Effects of lisinopril and bisoprolol on lipoprotein metabolism in patients with mild-to-moderate essential hypertension.

作者信息

Saku K, Liu K, Takeda Y, Jimi S, Arakawa K

机构信息

Department of Internal Medicine, Fukuoka, Japan.

出版信息

Clin Ther. 1995 Nov-Dec;17(6):1136-46. doi: 10.1016/0149-2918(95)80092-1.

Abstract

The short- and long-term effects of the angiotensin-converting enzyme inhibitor lisinopril and the cardioselective beta-blocker bisoprolol on serum lipids, lipoproteins, apolipoproteins, and lipoprotein(a) (Lp[a]) levels were investigated in patients with mild-to-moderate essential hypertension. Fifty-two patients completed the 12-month, randomized, multicenter trial. After administration of lisinopril (10 to 20 mg/d; n = 24) and bisoprolol (2.5 to 10 mg/d; n = 28), systolic and diastolic blood pressures decreased significantly (P < 0.01) from baseline in both groups at 3, 6, and 12 months.

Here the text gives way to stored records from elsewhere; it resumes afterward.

impl<'a> Induction<'a> {
    /// Whether the clauses, which are loaded, exclude the bad literal. No where earlier ones did not.
    fn excludes<S: PartSat>(
        &mut self,
        solver: &mut S,
        circuit: &Model,
        bad: Lit,
        is_open: bool,
        equalities: &Equalities,
        budget: &mut Budget,
    ) -> Result<bool, SatError>
        requires vars { S.vars solver.old ≡ circuit.now.max_var + 1 }
        requires bad { Contains (used circuit.now) bad }
        ensures vars { S.vars solver.new ≡ S.vars solver.old }
        ensures clauses { S.clauses solver.new ≡ S.clauses solver.old }
        ensures spends { Spends budget.old budget.new }
        ensures excluded { IfOk result (λ yes. IsTrue yes → AreContradictory (S.clauses solver.old ++ unit_clauses (bad_units circuit.now bad))) }
    {
        if is_open {
            return Ok(false);
        }
        let alloc = equalities.allocator();
        let mut units = Vec::new(alloc);
        push(&mut units, bad_unit(circuit, bad))?;
        let part = Near::new(alloc, circuit)?.part_of(alloc, circuit, units.as_slice())?;
        let question = Question {
            member: NO_MEMBER,
            units,
            part,
        };
        match self.answer(solver, alloc, circuit, equalities, &question, budget)? {
            Answer::Core(_) => Ok(true),
            _ => Ok(false),
        }
    }

    /// Asks whether the classes, whose clauses are loaded, exclude the bad literal, and whether equal latches stay equal.
    /// Ends where they first don't exclude it.
    fn ask_all<S: PartSat>(
        &mut self,
        solver: &mut S,
        circuit: &Model,
        bad: Lit,
        is_open: bool,
        equalities: Equalities,
        budget: &mut Budget,
    ) -> Result<Round, SatError>
        requires for_bad { IsForBad circuit.now }
        requires bad { bad ≡ bad_literal circuit.now 0 }
        requires vars { S.vars solver.old ≡ circuit.now.max_var + 1 }
        requires all { All (IsEquality circuit.now) equalities.clauses }
        requires loaded { S.clauses solver.old ≡ shared_clauses circuit.now equalities.clauses }
        ensures spends { Spends budget.old budget.new }
        ensures fixed { IfOk result (IsRound circuit.now is_open budget.new) }
    {
        let excluded = self.excludes(solver, circuit, bad, is_open, &equalities, budget)?;
        if !excluded && !is_open {
            return Ok(Round::Open);
        }
        let alloc = equalities.allocator();
        match self.ask_steps(solver, alloc, circuit, &equalities, budget)? {
            Some(true) => Ok(Round::Fixed(found(equalities.clauses, excluded))),
            Some(false) => Ok(Round::Split),
            None => Ok(Round::Over),
        }
    }

    /// One round: asks whether the classes exclude the bad literal, unless earlier ones did not, and whether equal latches stay equal.
    pub(crate) fn round<S: PartSat, P: Progress>(
        &mut self,
        solver: &mut S,
        alloc: Global,
        circuit: &Model,
        is_open: bool,
        progress: &mut P,
        budget: &mut Budget,
    ) -> Result<Round, SatError>
        requires { IsForBad circuit.now }
        ensures spends { Spends budget.old budget.new }
        ensures fixed { IfOk result (IsRound circuit.now is_open budget.new) }
    {
        let bad = circuit.bad()[0];
        let equalities = Equalities::of(alloc, circuit, &self.search.classes)?;
        if equalities.clauses.len() > GREATEST {
            return Ok(Round::Over);
        }
        self.count = self.count.saturating_add(1);
        progress.round_begun(self.count, equalities.clauses.len(), budget);
        load(solver, alloc, circuit, equalities.clauses.as_slice())?;
        self.is_swept = false;
        self.soon = self
            .soon
            .min(soon_of(circuit, equalities.clauses.as_slice()));
        self.ask_all(solver, circuit, bad, is_open, equalities, budget)
    }
}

The reduction in diastolic blood pressure was significantly (P < 0.05) greater in the lisinopril group than in the bisoprolol group only at 6 months. Heart rates dropped significantly in the bisoprolol group but not in the lisinopril group. No significant changes in lipids, lipoproteins, apolipoproteins, or Lp(a) levels were observed with either drug at 3, 6, or 12 months, and no significant differences were noted between the two drugs for these parameters. We conclude that lisinopril and bisoprolol are effective as antihypertensive drugs without adverse metabolic effects after short- and long-term treatment in patients with mild-to-moderate essential hypertension.

摘要

在轻至中度原发性高血压患者中,研究了血管紧张素转换酶抑制剂赖诺普利和心脏选择性β受体阻滞剂比索洛尔对血脂、脂蛋白、载脂蛋白和脂蛋白(a) [Lp(a)]水平的短期和长期影响。52例患者完成了为期12个月的随机多中心试验。给予赖诺普利(10至20mg/d;n = 24)和比索洛尔(2.5至10mg/d;n = 28)后,两组在3个月、6个月和12个月时收缩压和舒张压均较基线显著降低(P < 0.01)。仅在6个月时,赖诺普利组舒张压的降低幅度显著大于比索洛尔组(P < 0.05)。比索洛尔组心率显著下降,而赖诺普利组未下降。在3个月、6个月或12个月时,两种药物均未观察到血脂、脂蛋白、载脂蛋白或Lp(a)水平的显著变化,且两种药物在这些参数上无显著差异。我们得出结论,在轻至中度原发性高血压患者中,短期和长期治疗后,赖诺普利和比索洛尔作为抗高血压药物有效,且无不良代谢影响。